One of the most perfect of Bruegel's human comedies is his famous picture of a country wedding (above). Like most pictures, it loses a great deal in reproduction: all details become much smaller, and we must therefore look at it with double care. The feast takes place in a barn, with straw stacked up high in the background. The bride sits in front of a piece of blue cloth, with a kind of crown suspended over her head. She sits quietly, with folded hands and a grin of utter contentment on her stupid face. The old man in the chair and the woman beside her are probably her parents, while the man farther back, who is so busy gobbling his food with his spoon, may be the bridegroom. Most of the people at the table concentrate on eating and drinking, and we notice this is only the beginning. In the left-hand corner a man pours out beer - a good number of empty jugs are still in the basket - while two men with white aprons are carrying ten more platefuls of pie or porridge on an improvised tray. One of the guests passes the plates to the table. But much more is going on. There is the crowd in the background trying to get in; there are the musicians, one of them with a pathetic, forlorn and hungry look in his eyes, as he watches the food being carried past; there are the two outsiders at the corner of the table, the friar and the magistrate, engrossed in their own conversation; and there is the child in the foreground, who has got hold of a plate, and a feathered cap much too large for its little head, and who is completely absorbed in licking the delicious food - a picture of innocent greed. But what is even more admirable than all this wealth of anecdote, wit and observation, is the way in which Bruegel has organized his picture so that it does not look crowded or confusing.
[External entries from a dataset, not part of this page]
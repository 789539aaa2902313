//! A datagram of the server (RFC 8656, sections 3.1 and 12.6).

ghost use Rattle.std.specs.Prelude.{◌≡◌, [], if◌then◌else◌, IfOk, IsOk, None, OnErr, OnOk, true};
ghost use Rattle.turn_client_api.specs.Answers.{datagram_takes_none, is_data_indication};
ghost use Rattle.turn_client_api.specs.Effect.{closed};
ghost use Rattle.turn_client_api.specs.Judgement.{class_in, method_in};
ghost use Rattle.turn_client_api.specs.Memory.{message_takes_memory, packet_takes_memory};
ghost use Rattle.turn_client_api.specs.Payloads.{Ignored, channel_sent, datagram_step, is_channel_frame, message_step};
ghost use Rattle.turn_client_core.specs.ProtocolRecv.{IsPart, outcome_in};
ghost use Rattle.turn_stun.specs.Message.{header_fault_of, id_of};

use crate::protocol::TurnClientProtocol;
use crate::protocol_recv::TurnProtocolRecv;
use std::alloc::AllocError;
use turn_client_api::Phase;
use turn_stun::instant::Instant;
use turn_stun::message::Message;
use turn_stun::message::header::MessageHeader;
use turn_types::channel::ChannelData;

impl TurnClientProtocol {
    /// Processes a datagram received from the server at the client's address: a STUN message, or else a
    /// ChannelData message at its start. Anything else is not for the client.
    ///
    /// # Errors
    ///
    /// If memory allocation fails for an action that a message requires. The client has ended then, and
    /// nothing else has changed. A ChannelData message and a Data indication allocate no memory, nor
    /// does a message that requires no action.
    pub fn datagram(&mut self, bytes: &[u8], now: Instant) -> Result<TurnProtocolRecv, AllocError>
        requires before { self.old.phase ≡ Phase.Authenticating → self.old.grants ≡ [] }
        ensures answer { IfOk result (λ outcome. outcome_in bytes.now outcome ≡ (datagram_step bytes.now now self.old).0) }
        ensures part { IfOk result (IsPart bytes.now self.old self.new) }
        ensures after { OnOk result (self.new ≡ (datagram_step bytes.now now self.old).1) }
        ensures no_memory { OnErr result (self.new ≡ closed self.old) }
        ensures free { datagram_takes_none bytes.now ≡ true → IsOk result }
        // Only messages allocate memory, and only those that require an action.
        ensures wanted { OnErr result (packet_takes_memory bytes.now self.old ≡ true) }
    {
        match MessageHeader::from_bytes(bytes) {
            Ok(header) => self.headed(&header, bytes, now),
            Err(_) => Ok(self.frame_sent(bytes)),
        }
    }

    /// Processes a datagram with this header of a STUN message. If it is not a whole message, it is not
    /// for the client.
    ///
    /// # Errors
    ///
    /// If memory allocation fails. The client has ended then, and nothing else has changed.
    fn headed(
        &mut self,
        header: &MessageHeader,
        bytes: &[u8],
        now: Instant,
    ) -> Result<TurnProtocolRecv, AllocError>
        requires headed { header_fault_of bytes.now ≡ None }
        requires class { header.now.message_type.class ≡ class_in bytes.now }
        requires method { header.now.message_type.method.value ≡ method_in bytes.now }
        requires id { header.now.transaction_id ≡ id_of bytes.now }
        requires before { self.old.phase ≡ Phase.Authenticating → self.old.grants ≡ [] }
        ensures answer { IfOk result (λ outcome. outcome_in bytes.now outcome ≡ (datagram_step bytes.now now self.old).0) }
        ensures part { IfOk result (IsPart bytes.now self.old self.new) }
        ensures after { OnOk result (self.new ≡ (datagram_step bytes.now now self.old).1) }
        ensures no_memory { OnErr result (self.new ≡ closed self.old) }
        ensures free { datagram_takes_none bytes.now ≡ true → IsOk result }
        ensures wanted { OnErr result (packet_takes_memory bytes.now self.old ≡ true) }
    {
        if self.is_ignored_unread(header.message_type, header.transaction_id) {
            return Ok(TurnProtocolRecv::Ignored);
        }
        if self.is_sent_data(header.message_type) {
            return Ok(self.data_indicated(bytes));
        }
        match Message::from_bytes(bytes) {
            Ok(message) => self.message_or_end(&message, now),
            Err(_) => Ok(TurnProtocolRecv::Ignored),
        }
    }

    /// Processes a message, and ends the client if memory allocation for it fails.
    ///
    /// # Errors
    ///
    /// If memory allocation fails. The client has ended then, and nothing else has changed.
    fn message_or_end(
        &mut self,
        message: &Message<'_>,
        now: Instant,
    ) -> Result<TurnProtocolRecv, AllocError>
        requires before { self.old.phase ≡ Phase.Authenticating → self.old.grants ≡ [] }
        ensures answer { IfOk result (λ outcome. outcome_in message.now outcome ≡ (message_step message.now now self.old).0) }
        ensures part { IfOk result (IsPart message.now self.old self.new) }
        ensures after { OnOk result (self.new ≡ (message_step message.now now self.old).1) }
        ensures no_memory { OnErr result (self.new ≡ closed self.old) }
        ensures free { is_data_indication message.now ≡ true → IsOk result }
        ensures wanted { OnErr result (message_takes_memory message.now self.old ≡ true) }
    {
        match self.message(message, now) {
            Ok(outcome) => Ok(outcome),
            Err(refusal) => {
                self.close();
                Err(refusal)
            }
        }
    }

    /// The result of the ChannelData message at the start of the bytes, if there is one: data of a
    /// peer. Allocates no memory.
    fn frame_sent(&self, bytes: &[u8]) -> TurnProtocolRecv
        ensures outcome { outcome_in bytes.now result ≡ (if is_channel_frame bytes.now then channel_sent self.now bytes.now else Ignored) }
        ensures part { IsPart bytes.now self.now self.now result }
    {
        match ChannelData::parse(bytes) {
            Ok(frame) => self.channel_sent(bytes, &frame),
            Err(_) => TurnProtocolRecv::Ignored,
        }
    }
}
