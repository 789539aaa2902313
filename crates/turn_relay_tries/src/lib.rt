//! How a relay gets an address again, in parts that hold no session: when it is tried, which address of the server is asked, and after
//! which failures no other try is made. There is no IO: the caller passes in times and what has happened.
//!
//! ```text
//!  a try begins           -- begin ------> Tries      -- due -------> when the next one may begin
//!  a try fails            -- failed -----> Failures   --------------> whether no other try is made
//!  a server's addresses   -- add --------> Addresses  -- take_next -> in which order they are attempted
//!                         -- poll -------> Attempts   --------------> when the next attempt begins
//!  another server         -- follow -----> Redirects  --------------> whether it is asked
//!  what the caller does   -- add --------> Tasks      -- late ------> which of it has failed
//!  what a session had     -- want -------> Wanted     -- ask_next --> what the next one is asked for
//! ```
//!
//! [`causes::Cause`] is why a relay has no address, [`backoff::Backoff`] how long lies between its tries.
#![tactic(auto)]

pub mod addresses;
pub mod attempts;
pub mod backoff;
pub mod causes;
pub mod constants;
pub mod failures;
pub mod redirects;
pub mod tasks;
pub mod tries;
pub mod wanted;
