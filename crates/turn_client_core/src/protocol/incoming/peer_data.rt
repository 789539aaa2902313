//! Data of peers: Data indications and ChannelData messages (RFC 8656, sections 11.4, 11.6 and 12.6).

ghost use Rattle.std.specs.Prelude.{◌≡◌, ◌≤◌, ◌+◌, false, if◌then◌else◌, length, IfSome};
ghost use Rattle.std.specs.Net.Socket.{socket_ip};
ghost use Rattle.std.specs.Option.{option_map};
ghost use Rattle.turn_client_api.specs.Grants.{has_active_permission};
ghost use Rattle.turn_client_api.specs.Judgement.{has_unknown, last_in};
ghost use Rattle.turn_client_api.specs.Payloads.{Ignored, channel_sent, data_indicated, is_message};
ghost use Rattle.turn_client_api.specs.Requests.{icmp_kind};
ghost use Rattle.turn_client_core.specs.Indication.{icmp_of_peer, if_permitted};
ghost use Rattle.turn_client_core.specs.ProtocolRecv.{IsPart, outcome_in};
ghost use Rattle.turn_stun.specs.Iterator.{placed};
ghost use Rattle.turn_stun.specs.Message.{HoldsValue, IsWithin, id_of};
ghost use Rattle.turn_types.specs.Channel.{channel_data_at};
ghost use Rattle.turn_types.specs.Send.{data_kind, peer_kind};

use crate::indication::Indication;
use crate::protocol::TurnClientProtocol;
use crate::protocol_recv::TurnProtocolRecv;
use std::net::SocketAddr;
use turn_types::attribute::Icmp;
use turn_types::channel::ChannelData;

impl TurnClientProtocol {
    /// The result of the Data indication in these bytes, or `Ignored` if they are no message: data of a
    /// peer whose IP address has an active permission, whether or not its allocation is expired, or an
    /// ICMP error if there is no data. Allocates no memory.
    pub(crate) fn data_indicated(&self, bytes: &[u8]) -> TurnProtocolRecv
        ensures outcome { outcome_in bytes.now result ≡ (if is_message bytes.now then data_indicated self.now bytes.now else Ignored) }
        ensures part { IsPart bytes.now self.now self.now result }
    {
        match Indication::of(bytes) {
            Some(found) => self.found_indicated(bytes, &found),
            None => TurnProtocolRecv::Ignored,
        }
    }

    /// The result of the Data indication in these bytes, whose contents these are.
    fn found_indicated(&self, bytes: &[u8], found: &Indication<'_>) -> TurnProtocolRecv
        requires id { found.now.id ≡ id_of bytes.now }
        requires unknown { found.now.has_unknown ≡ has_unknown bytes.now }
        requires peer { has_unknown bytes.now ≡ false → option_map placed found.now.peer ≡ last_in peer_kind bytes.now }
        requires payload { has_unknown bytes.now ≡ false → option_map placed found.now.«data» ≡ last_in data_kind bytes.now }
        requires icmp { has_unknown bytes.now ≡ false → option_map placed found.now.icmp ≡ last_in icmp_kind bytes.now }
        requires within { IfSome (last_in data_kind bytes.now) (IsWithin 20 (length bytes.now)) }
        requires value { IfSome (last_in data_kind bytes.now) (HoldsValue bytes.now) }
        ensures outcome { outcome_in bytes.now result ≡ data_indicated self.now bytes.now }
        ensures part { IsPart bytes.now self.now self.now result }
    {
        if found.has_unknown {
            return TurnProtocolRecv::Ignored;
        }
        let Some(peer) = found.peer() else {
            return TurnProtocolRecv::Ignored;
        };
        match found.data_place(bytes) {
            Some(place) => {
                self.if_permitted(
                    peer,
                    TurnProtocolRecv::PeerData(self.ledger.transport(), peer, place),
                )
            }
            None => self.icmp_indicated(peer, &found.icmp()),
        }
    }

    /// The result of a Data indication without data.
    fn icmp_indicated(&self, peer: SocketAddr, icmp: &Option<Icmp>) -> TurnProtocolRecv
        ensures { result ≡ icmp_of_peer peer icmp.now self.now }
    {
        match icmp {
            Some(icmp) => {
                self.if_permitted(
                    peer,
                    TurnProtocolRecv::PeerIcmp(self.ledger.transport(), peer, *icmp),
                )
            }
            None => TurnProtocolRecv::Ignored,
        }
    }

    /// The result of the ChannelData message at the start of these bytes: data of the peer whose active
    /// channel has the number, in any phase. Allocates no memory.
    #[inline(always)]
    pub fn channel_sent(&self, bytes: &[u8], frame: &ChannelData<'_>) -> TurnProtocolRecv
        requires frame { frame.now ≡ channel_data_at bytes.now }
        requires whole { 4 + length frame.now.payload ≤ length bytes.now }
        ensures outcome { outcome_in bytes.now result ≡ channel_sent self.now bytes.now }
        ensures part { IsPart bytes.now self.now self.now result }
    {
        match self.ledger.table().channel_peer(frame.id()) {
            Some(peer) => TurnProtocolRecv::PeerData(
                self.ledger.transport(),
                *peer,
                4..4 + frame.data().len(),
            ),
            None => TurnProtocolRecv::Ignored,
        }
    }

    /// This result of an input from the peer, if the peer's IP address has an active permission, or
    /// else `Ignored`.
    fn if_permitted(&self, peer: SocketAddr, outcome: TurnProtocolRecv) -> TurnProtocolRecv
        ensures { result ≡ if_permitted (has_active_permission (socket_ip peer) self.now) outcome }
    {
        if self.is_permitted(peer) {
            return outcome;
        }
        TurnProtocolRecv::Ignored
    }
}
Tintoretto himself could not have produced a more convincing picture of a crowded space than did Bruegel with his device of the table receding into the background and the movement of people starting with the crowd at the barn door, leading up to the foreground and the scene of the food carriers, and back again through the gesture of the man serving the table who leads our eyes directly to the small but central figure of the grinning bride.
(The Artchive)

The Peasant Dance
Oil on oak panel, 1568
Kunsthistorisches Museum Wien, Vienna
From the Artchive

In September 1569 Bruegel died, and was buried in Notre Dame de la Chapelle, Brussels; in 1578 died Mayken Bruegel, the orphaned children were brought up by their grandmother. The surviving pictures of Bruegel are few in number – under fifty. “Although Bruegel was famous in his own lifetime, the archaic tone of much of his imagery and his refusal to adopt the idealized figure style evolved by Italian Renaissance artists had, in sophisticated circles, an adverse effect on his reputation both during his life and after his death” (Keith Roberts). Bruegel’s works did not agree with current aesthetic theories of his time, but they wonderfully match to the tastes of our contemporaries.